● **Activity**
Whenever a line in the data holds the string "turns", copy that line.

● **Extracted material**
++++

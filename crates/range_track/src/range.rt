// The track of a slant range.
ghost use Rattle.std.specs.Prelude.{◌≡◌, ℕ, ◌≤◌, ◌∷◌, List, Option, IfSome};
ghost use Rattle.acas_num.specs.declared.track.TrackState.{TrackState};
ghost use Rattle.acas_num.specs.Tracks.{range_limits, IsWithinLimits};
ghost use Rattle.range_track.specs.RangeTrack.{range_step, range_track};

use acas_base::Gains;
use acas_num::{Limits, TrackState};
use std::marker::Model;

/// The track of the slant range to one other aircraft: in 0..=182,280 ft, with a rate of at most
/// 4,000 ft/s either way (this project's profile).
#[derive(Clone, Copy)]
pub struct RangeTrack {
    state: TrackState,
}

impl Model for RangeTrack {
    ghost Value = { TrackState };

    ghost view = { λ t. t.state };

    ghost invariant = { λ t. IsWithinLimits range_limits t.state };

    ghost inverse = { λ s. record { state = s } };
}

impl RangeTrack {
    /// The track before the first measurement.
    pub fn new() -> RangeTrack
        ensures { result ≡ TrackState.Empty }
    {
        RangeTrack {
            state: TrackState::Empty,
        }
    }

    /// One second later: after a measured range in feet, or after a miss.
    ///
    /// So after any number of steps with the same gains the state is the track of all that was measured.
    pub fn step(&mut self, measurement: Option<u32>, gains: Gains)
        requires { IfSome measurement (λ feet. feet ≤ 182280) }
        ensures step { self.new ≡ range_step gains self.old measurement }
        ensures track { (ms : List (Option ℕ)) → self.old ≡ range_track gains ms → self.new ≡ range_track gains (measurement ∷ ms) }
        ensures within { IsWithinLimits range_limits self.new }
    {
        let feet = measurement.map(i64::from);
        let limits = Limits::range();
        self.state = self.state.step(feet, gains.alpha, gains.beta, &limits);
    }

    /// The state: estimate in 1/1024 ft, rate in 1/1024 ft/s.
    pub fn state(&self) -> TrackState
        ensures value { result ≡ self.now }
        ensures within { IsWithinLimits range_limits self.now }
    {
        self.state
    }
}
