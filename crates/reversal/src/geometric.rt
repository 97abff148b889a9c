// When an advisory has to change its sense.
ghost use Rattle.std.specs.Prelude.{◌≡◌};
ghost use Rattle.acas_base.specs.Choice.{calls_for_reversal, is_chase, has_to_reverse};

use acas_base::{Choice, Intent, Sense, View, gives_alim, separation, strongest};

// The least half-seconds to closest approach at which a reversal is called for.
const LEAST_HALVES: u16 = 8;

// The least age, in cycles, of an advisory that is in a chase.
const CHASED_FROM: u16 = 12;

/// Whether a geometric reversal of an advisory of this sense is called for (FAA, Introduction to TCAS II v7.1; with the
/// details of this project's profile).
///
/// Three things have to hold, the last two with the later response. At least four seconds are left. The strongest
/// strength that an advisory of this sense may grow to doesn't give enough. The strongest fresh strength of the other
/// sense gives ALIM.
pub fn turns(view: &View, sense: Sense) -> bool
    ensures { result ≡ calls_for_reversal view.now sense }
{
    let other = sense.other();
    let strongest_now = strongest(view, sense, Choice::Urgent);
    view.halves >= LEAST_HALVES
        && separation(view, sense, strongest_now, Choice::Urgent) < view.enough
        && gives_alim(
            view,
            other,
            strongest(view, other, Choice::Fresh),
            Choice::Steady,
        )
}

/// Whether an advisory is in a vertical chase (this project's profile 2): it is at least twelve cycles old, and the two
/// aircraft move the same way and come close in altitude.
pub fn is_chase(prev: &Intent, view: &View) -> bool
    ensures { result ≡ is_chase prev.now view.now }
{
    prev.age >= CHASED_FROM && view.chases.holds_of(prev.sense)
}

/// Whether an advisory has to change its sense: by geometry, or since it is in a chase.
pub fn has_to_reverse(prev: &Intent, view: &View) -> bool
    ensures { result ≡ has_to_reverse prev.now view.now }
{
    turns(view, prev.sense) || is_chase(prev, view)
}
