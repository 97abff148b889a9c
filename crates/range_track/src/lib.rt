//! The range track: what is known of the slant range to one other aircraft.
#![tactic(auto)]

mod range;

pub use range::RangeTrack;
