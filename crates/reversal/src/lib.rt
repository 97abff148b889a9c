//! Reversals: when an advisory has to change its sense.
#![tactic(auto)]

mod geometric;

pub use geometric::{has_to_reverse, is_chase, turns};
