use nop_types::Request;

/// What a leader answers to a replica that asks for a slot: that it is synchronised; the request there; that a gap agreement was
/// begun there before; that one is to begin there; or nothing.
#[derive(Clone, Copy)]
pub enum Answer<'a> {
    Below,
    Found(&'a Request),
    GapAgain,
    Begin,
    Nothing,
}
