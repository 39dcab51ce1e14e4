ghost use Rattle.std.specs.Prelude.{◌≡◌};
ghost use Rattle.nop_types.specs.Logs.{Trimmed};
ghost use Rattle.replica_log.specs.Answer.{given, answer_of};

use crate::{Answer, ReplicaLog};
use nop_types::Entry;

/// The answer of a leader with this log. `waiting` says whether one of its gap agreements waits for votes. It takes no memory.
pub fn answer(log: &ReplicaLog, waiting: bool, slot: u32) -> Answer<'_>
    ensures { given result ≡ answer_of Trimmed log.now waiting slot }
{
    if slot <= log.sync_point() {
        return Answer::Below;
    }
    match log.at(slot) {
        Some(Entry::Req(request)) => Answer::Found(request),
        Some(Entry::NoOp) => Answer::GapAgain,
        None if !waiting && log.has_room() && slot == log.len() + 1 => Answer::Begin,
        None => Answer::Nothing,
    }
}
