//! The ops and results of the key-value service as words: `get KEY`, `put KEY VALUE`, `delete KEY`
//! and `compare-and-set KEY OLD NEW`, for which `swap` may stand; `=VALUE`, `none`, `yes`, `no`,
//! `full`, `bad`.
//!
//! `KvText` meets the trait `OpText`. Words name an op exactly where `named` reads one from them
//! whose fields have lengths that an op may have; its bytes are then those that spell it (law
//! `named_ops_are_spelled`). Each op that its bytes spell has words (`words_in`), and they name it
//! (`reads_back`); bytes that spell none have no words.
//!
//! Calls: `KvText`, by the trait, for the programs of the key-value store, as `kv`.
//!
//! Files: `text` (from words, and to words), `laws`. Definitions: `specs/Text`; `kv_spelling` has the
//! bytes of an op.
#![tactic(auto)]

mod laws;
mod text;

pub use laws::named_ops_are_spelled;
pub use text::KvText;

++++

● **Exercise answer**
pub fn turns(view: &View, sense: Sense) -> bool
    turns(view, prev.sense) || is_chase(prev, view)
pub use geometric::{has_to_reverse, is_chase, turns};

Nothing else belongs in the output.